**EXERCISE PROMPT**. Given the material below, output exactly the lines from the line with "f ≡ (spec.define_of" to the line with "breaks.old.items ++ (spec.change_of", both ends included, and no other lines.

**RECORDS SUPPLIED**.
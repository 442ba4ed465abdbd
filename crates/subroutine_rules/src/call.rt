//! Calls of intrinsic subroutines.

ghost use Rattle.std.specs.Prelude.{◌≡◌, ◌++◌, IfOk, OnOk, map};
ghost use Rattle.std.specs.Option.{option_map};
ghost use Rattle.checked_tree.specs.StatementViews.{intrinsic_subroutine, statement_form};
ghost use Rattle.rule_definitions.specs.IntrinsicSubroutines as rules;
ghost use Rattle.scope_table.specs.Symbols.{subroutine_name};
ghost use Rattle.part_rules.specs.Brackets.{actual_seen};
ghost use Rattle.subroutine_rules.specs.Parts as spec;
ghost use Rattle.subroutine_rules.specs.Parts.{called_as};
ghost use Rattle.subroutine_rules.specs.Views.{parts_seen};

use crate::arguments::{Found, Parts, find_arguments};
use crate::atom::taken_with;
use crate::dummies::dummies_of;
use crate::form;
use crate::given::{
    given_atom, given_collected, given_event, given_image, given_number, given_result, given_stat,
    given_value,
};
use caf_base::place::Pos;
use caf_base::refusal::NoMemory;
use checked_tree::action::{AtomicChange, Combination, IntrinsicSubroutine};
use checked_tree::statement::StatementForm;
use part_rules::bracket::Actual;
use part_rules::judged::{Judged, add_all};
use rule_definitions::broken::Broken;
use rule_definitions::taken::Taken;
use scope_table::symbol::SubroutineName;
use std::alloc::Global;

/// ATOMIC_DEFINE (16.9.23): the value is of the atom's type.
fn define(
    alloc: Global,
    breaks: &mut Vec<Broken>,
    parts: &mut Parts,
) -> Result<Option<IntrinsicSubroutine>, NoMemory>
    ensures breaks { OnOk result (breaks.new.items ≡ breaks.old.items ++ (spec.define_of (parts_seen parts.old)).breaks) }
    ensures meaning { IfOk result (λ f. option_map intrinsic_subroutine f ≡ (spec.define_of (parts_seen parts.old)).meaning) }
{
    let atom = given_atom(breaks, Taken::IntegersOrLogicals, parts.first.take())?;
    let value = given_value(breaks, taken_with(&atom), parts.second.take())?;
    let stat = given_stat(alloc, breaks, parts.third.take())?;
    Ok(form::define(atom, value, stat))
}

/// ATOMIC_REF (16.9.29): the value is of the atom's type.
fn reference(
    alloc: Global,
    breaks: &mut Vec<Broken>,
    parts: &mut Parts,
) -> Result<Option<IntrinsicSubroutine>, NoMemory>
    ensures breaks { OnOk result (breaks.new.items ≡ breaks.old.items ++ (spec.ref_of (parts_seen parts.old)).breaks) }
    ensures meaning { IfOk result (λ f. option_map intrinsic_subroutine f ≡ (spec.ref_of (parts_seen parts.old)).meaning) }
{
    let mut behind = Vec::new(alloc);
    let atom = given_atom(&mut behind, Taken::IntegersOrLogicals, parts.second.take())?;
    let value = given_result(alloc, breaks, taken_with(&atom), parts.first.take())?;
    add_all(breaks, behind)?;
    let stat = given_stat(alloc, breaks, parts.third.take())?;
    Ok(form::reference(value, atom, stat))
}

/// ATOMIC_ADD, ATOMIC_AND, ATOMIC_OR and ATOMIC_XOR (16.9.20, 16.9.21, 16.9.28, 16.9.30).
fn change(
    alloc: Global,
    breaks: &mut Vec<Broken>,
    change: AtomicChange,
    parts: &mut Parts,
) -> Result<Option<IntrinsicSubroutine>, NoMemory>
    ensures breaks { OnOk result (breaks.new.items ≡ breaks.old.items ++ (spec.change_of change (parts_seen parts.old)).breaks) }
    ensures meaning { IfOk result (λ f. option_map intrinsic_subroutine f ≡ (spec.change_of change (parts_seen parts.old)).meaning) }
{
    let atom = given_atom(breaks, Taken::Integers, parts.first.take())?;
    let value = given_value(breaks, Taken::Integers, parts.second.take())?;
    let stat = given_stat(alloc, breaks, parts.third.take())?;
    Ok(form::change(change, atom, value, stat))
}

/// ATOMIC_FETCH_ADD, ATOMIC_FETCH_AND, ATOMIC_FETCH_OR and ATOMIC_FETCH_XOR (16.9.24 to 16.9.27).
fn fetch(
    alloc: Global,
    breaks: &mut Vec<Broken>,
    change: AtomicChange,
    parts: &mut Parts,
) -> Result<Option<IntrinsicSubroutine>, NoMemory>
    ensures breaks { OnOk result (breaks.new.items ≡ breaks.old.items ++ (spec.fetch_of change (parts_seen parts.old)).breaks) }
    ensures meaning { IfOk result (λ f. option_map intrinsic_subroutine f ≡ (spec.fetch_of change (parts_seen parts.old)).meaning) }
{
    let atom = given_atom(breaks, Taken::Integers, parts.first.take())?;
    let value = given_value(breaks, Taken::Integers, parts.second.take())?;
    let old = given_result(alloc, breaks, Taken::Integers, parts.third.take())?;
    let stat = given_stat(alloc, breaks, parts.fourth.take())?;
    Ok(form::fetch(change, atom, value, old, stat))
}

/// ATOMIC_CAS (16.9.22): OLD, COMPARE and NEW are of the atom's type.
fn compare_and_swap(
    alloc: Global,
    breaks: &mut Vec<Broken>,
    parts: &mut Parts,
) -> Result<Option<IntrinsicSubroutine>, NoMemory>
    ensures breaks { OnOk result (breaks.new.items ≡ breaks.old.items ++ (spec.cas_of (parts_seen parts.old)).breaks) }
    ensures meaning { IfOk result (λ f. option_map intrinsic_subroutine f ≡ (spec.cas_of (parts_seen parts.old)).meaning) }
{
    let atom = given_atom(breaks, Taken::IntegersOrLogicals, parts.first.take())?;
    let taken = taken_with(&atom);
    let old = given_result(alloc, breaks, taken, parts.second.take())?;
    let compare = given_value(breaks, taken, parts.third.take())?;
    let new = given_value(breaks, taken, parts.fourth.take())?;
    let stat = given_stat(alloc, breaks, parts.fifth.take())?;
    Ok(form::compare_and_swap(atom, old, compare, new, stat))
}

/// EVENT_QUERY (16.9.72).
fn query(
    alloc: Global,
    breaks: &mut Vec<Broken>,
    parts: &mut Parts,
) -> Result<Option<IntrinsicSubroutine>, NoMemory>
    ensures breaks { OnOk result (breaks.new.items ≡ breaks.old.items ++ (spec.query_of (parts_seen parts.old)).breaks) }
    ensures meaning { IfOk result (λ f. option_map intrinsic_subroutine f ≡ (spec.query_of (parts_seen parts.old)).meaning) }
{
    let event = given_event(breaks, parts.first.take())?;
    let count = given_result(alloc, breaks, Taken::Integers, parts.second.take())?;
    let stat = given_stat(alloc, breaks, parts.third.take())?;
    Ok(form::query(event, count, stat))
}

/// CO_SUM, CO_MIN and CO_MAX (16.9.50, 16.9.48, 16.9.47).
fn combine(
    alloc: Global,
    breaks: &mut Vec<Broken>,
    combination: Combination,
    parts: &mut Parts,
) -> Result<Option<IntrinsicSubroutine>, NoMemory>
    ensures breaks { OnOk result (breaks.new.items ≡ breaks.old.items ++ (spec.combine_of combination (parts_seen parts.old)).breaks) }
    ensures meaning { IfOk result (λ f. option_map intrinsic_subroutine f ≡ (spec.combine_of combination (parts_seen parts.old)).meaning) }
{
    let a = given_collected(breaks, false, parts.first.take())?;
    let image = given_number(breaks, parts.second.take())?;
    let stat = given_stat(alloc, breaks, parts.third.take())?;
    Ok(form::combine(combination, a, image, stat))
}

/// CO_BROADCAST (16.9.46).
fn broadcast(
    alloc: Global,
    breaks: &mut Vec<Broken>,
    parts: &mut Parts,
) -> Result<Option<IntrinsicSubroutine>, NoMemory>
    ensures breaks { OnOk result (breaks.new.items ≡ breaks.old.items ++ (spec.broadcast_of (parts_seen parts.old)).breaks) }
    ensures meaning { IfOk result (λ f. option_map intrinsic_subroutine f ≡ (spec.broadcast_of (parts_seen parts.old)).meaning) }
{
    let a = given_collected(breaks, true, parts.first.take())?;
    let image = given_image(breaks, parts.second.take())?;
    let stat = given_stat(alloc, breaks, parts.third.take())?;
    Ok(form::broadcast(a, image, stat))
}

/// The call of a subroutine whose arguments have their dummies. What breaks in them is put behind other breaks.
fn form_of(
    alloc: Global,
    breaks: &mut Vec<Broken>,
    subroutine: SubroutineName,
    parts: &mut Parts,
) -> Result<Option<IntrinsicSubroutine>, NoMemory>
    ensures breaks { OnOk result (breaks.new.items ≡ breaks.old.items ++ (spec.rule_of (subroutine_name subroutine) (parts_seen parts.old)).breaks) }
    ensures meaning { IfOk result (λ f. option_map intrinsic_subroutine f ≡ (spec.rule_of (subroutine_name subroutine) (parts_seen parts.old)).meaning) }
{
    match subroutine {
        SubroutineName::AtomicDefine => define(alloc, breaks, parts),
        SubroutineName::AtomicRef => reference(alloc, breaks, parts),
        SubroutineName::AtomicChange(operation) => change(alloc, breaks, operation, parts),
        SubroutineName::AtomicFetch(operation) => fetch(alloc, breaks, operation, parts),
        SubroutineName::AtomicCas => compare_and_swap(alloc, breaks, parts),
        SubroutineName::EventQuery => query(alloc, breaks, parts),
        SubroutineName::Combine(combination) => combine(alloc, breaks, combination, parts),
        SubroutineName::Broadcast => broadcast(alloc, breaks, parts),
    }
}

/// A call of a subroutine whose arguments have their dummies.
fn bound_call(
    alloc: Global,
    subroutine: SubroutineName,
    parts: Parts,
) -> Result<Judged<StatementForm>, NoMemory>
    ensures breaks { IfOk result (λ j. j.breaks.items ≡ (called_as (spec.rule_of (subroutine_name subroutine)) (parts_seen parts)).breaks) }
    ensures meaning { IfOk result (λ j. option_map statement_form j.meaning ≡ (called_as (spec.rule_of (subroutine_name subroutine)) (parts_seen parts)).meaning) }
{
    let mut parts = parts;
    let order = parts.order;
    let mut breaks = Vec::new(alloc);
    let form = form_of(alloc, &mut breaks, subroutine, &mut parts)?;
    Ok(Judged {
        breaks,
        meaning: form::call_of(form, order),
    })
}

/// A call of this subroutine, whose name stands at this place: rule 59 for the binding of its arguments, and the rules
/// of each of them.
#[tactic(auto, using(crate::proofs::Calls::call_found))]
pub fn intrinsic_call(
    alloc: Global,
    subroutine: SubroutineName,
    actuals: Vec<Actual>,
    at: Pos,
) -> Result<Judged<StatementForm>, NoMemory>
    ensures breaks { IfOk result (λ j. j.breaks.items ≡ (rules.intrinsic_call (subroutine_name subroutine) (map actual_seen actuals.items) at).breaks) }
    ensures meaning { IfOk result (λ j. option_map statement_form j.meaning ≡ (rules.intrinsic_call (subroutine_name subroutine) (map actual_seen actuals.items) at).meaning) }
{
    let dummies = dummies_of(alloc, subroutine)?;
    match find_arguments(alloc, dummies.as_slice(), actuals, at)? {
        Found::Refused(breaks) => Ok(Judged {
            breaks,
            meaning: None,
        }),
        Found::Bound(parts) => bound_call(alloc, subroutine, parts),
    }
}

**ANSWER TO THIS PROBLEM**.
    ensures meaning { IfOk result (λ f. option_map intrinsic_subroutine f ≡ (spec.define_of (parts_seen parts.old)).meaning) }
{
    let atom = given_atom(breaks, Taken::IntegersOrLogicals, parts.first.take())?;
    let value = given_value(breaks, taken_with(&atom), parts.second.take())?;
    let stat = given_stat(alloc, breaks, parts.third.take())?;
    Ok(form::define(atom, value, stat))
}

/// ATOMIC_REF (16.9.29): the value is of the atom's type.
fn reference(
    alloc: Global,
    breaks: &mut Vec<Broken>,
    parts: &mut Parts,
) -> Result<Option<IntrinsicSubroutine>, NoMemory>
    ensures breaks { OnOk result (breaks.new.items ≡ breaks.old.items ++ (spec.ref_of (parts_seen parts.old)).breaks) }
    ensures meaning { IfOk result (λ f. option_map intrinsic_subroutine f ≡ (spec.ref_of (parts_seen parts.old)).meaning) }
{
    let mut behind = Vec::new(alloc);
    let atom = given_atom(&mut behind, Taken::IntegersOrLogicals, parts.second.take())?;
    let value = given_result(alloc, breaks, taken_with(&atom), parts.first.take())?;
    add_all(breaks, behind)?;
    let stat = given_stat(alloc, breaks, parts.third.take())?;
    Ok(form::reference(value, atom, stat))
}

/// ATOMIC_ADD, ATOMIC_AND, ATOMIC_OR and ATOMIC_XOR (16.9.20, 16.9.21, 16.9.28, 16.9.30).
fn change(
    alloc: Global,
    breaks: &mut Vec<Broken>,
    change: AtomicChange,
    parts: &mut Parts,
) -> Result<Option<IntrinsicSubroutine>, NoMemory>
    ensures breaks { OnOk result (breaks.new.items ≡ breaks.old.items ++ (spec.change_of change (parts_seen parts.old)).breaks) }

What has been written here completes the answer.